* [WHAT YOU WILL DO] Count how many lines in the following data hold the word "LogDisk". Your answer is the number and nothing else.

* [DATA UNDER STUDY]
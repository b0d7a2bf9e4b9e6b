//! A write that is on the disk when it is done.
ghost use Rattle.std.specs.Prelude.{◌≡◌, ◌+◌, ◌^◌, ◌<◌, ◌≤◌, List, ℕ, length, OnOk, option_map};
ghost use Rattle.ipc_io.specs.Outside.{PutHasCause};
ghost use Rattle.ipc_log_disk.specs.Below.{IsWithin, overwritten};
ghost use Rattle.ipc_log_disk.specs.Crashes.{Only, IsTorn, Elapses};

use ipc_io::PutError;
use ipc_log_disk::LogDisk;

/// Writes all bytes from a place on, and syncs.
pub(crate) fn write_synced<D: LogDisk>(disk: &mut D, at: u64, bytes: &[u8]) -> Result<(), PutError>
    requires within { IsWithin (D.content disk.old) at }
    ensures bytes { OnOk result (D.content disk.new ≡ option_map (λ b. overwritten b at bytes.now) (D.content disk.old)) }
    ensures durable { OnOk result (Only (D.content disk.new) (D.images disk.new)) }
    ensures bound { OnOk result (at + length bytes.now < 2 ^ 63) }
    ensures since { (c : List ℕ) → D.images_since disk.new (D.moment disk.old) c → IsTorn (D.images disk.old) at (length bytes.now) c }
    ensures time { Elapses (D.moment disk.old) (D.moment disk.new) (D.images_since disk.old) (D.images_since disk.new) }
    ensures fetched { D.fetched disk.new ≡ D.fetched disk.old }
    ensures cause { PutHasCause (D.faults disk.old) (D.faults disk.new) (D.wants disk.old) (D.wants disk.new) result }
    ensures same_references { D.references disk.new ≡ D.references disk.old }
{
    disk.write_at(at, bytes)?;
    disk.sync()
}
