//! A log that is begun.
ghost use Rattle.std.specs.Prelude.{◌≡◌, ◌⊎◌, ◌+◌, ◌^◌, ◌<◌, ◌≤◌, ◌++◌, ◌∷◌, [], length, IfErr, IfOk, OnOk, option_map};
ghost use Rattle.ipc_io.specs.Outside.{IsSize};
ghost use Rattle.ipc_log_disk.specs.Below.{IsOfDisk, overwritten};
ghost use Rattle.ipc_log_disk.specs.Crashes.{Elapses, Only};
ghost use Rattle.ipc_record_log.specs.Records.{open_records};
ghost use Rattle.arrow_spec.specs.declared.error.IpcError.TheVariants.{Memory};

use crate::Span;
use crate::framing::push_record;
use crate::reads::MAGIC;
use crate::writes::write_synced;
use arrow_spec::IpcError;
use ipc_log_disk::LogDisk;
use std::alloc::{AllocError, Global};

/// The bytes of a log with one record.
fn first_bytes(alloc: Global, first: &[u8]) -> Result<Vec<u8>, AllocError>
    ensures { IfOk result (λ v. v.items ≡ open_records (first.now ∷ []) ++ 0 ∷ []) }
{
    let mut bytes = Vec::new(alloc);
    bytes.extend_from_slice(&MAGIC)?;
    bytes.push(1)?;
    push_record(&mut bytes, first)?;
    Ok(bytes)
}

/// Puts a log with one record on a disk without bytes, and says where the record stands. All memory is taken first.
pub(crate) fn begin<D: LogDisk>(
    alloc: Global,
    disk: &mut D,
    first: &[u8],
) -> Result<Vec<Span>, IpcError>
    requires empty { IsSize (D.content disk.old) 0 }
    ensures spans { IfOk result (λ v. v.items ≡ record { at = 24; length = length first.now } ∷ []) }
    ensures bound { OnOk result (24 + length first.now < 2 ^ 63) }
    ensures content { OnOk result (D.content disk.new ≡ option_map (λ b. overwritten b 0 (open_records (first.now ∷ []) ++ 0 ∷ [])) (D.content disk.old)) }
    ensures durable { OnOk result (Only (D.content disk.new) (D.images disk.new)) }
    ensures time { Elapses (D.moment disk.old) (D.moment disk.new) (D.images_since disk.old) (D.images_since disk.new) }
    ensures err { IfErr result (λ e. ((e ≡ Memory) × (disk.new ≡ disk.old)) ⊎ IsOfDisk e (D.faults disk.old) (D.faults disk.new) (D.wants disk.old) (D.wants disk.new)) }
    ensures later { D.faults disk.old ≤ D.faults disk.new }
    ensures same_references { D.references disk.new ≡ D.references disk.old }
{
    let bytes = first_bytes(alloc, first)?;
    let mut spans = Vec::new(alloc);
    spans.push(Span {
        at: 24,
        length: first.len() as u64,
    })?;
    write_synced(disk, 0, &bytes)?;
    Ok(spans)
}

* [WRITTEN RESPONSE] 4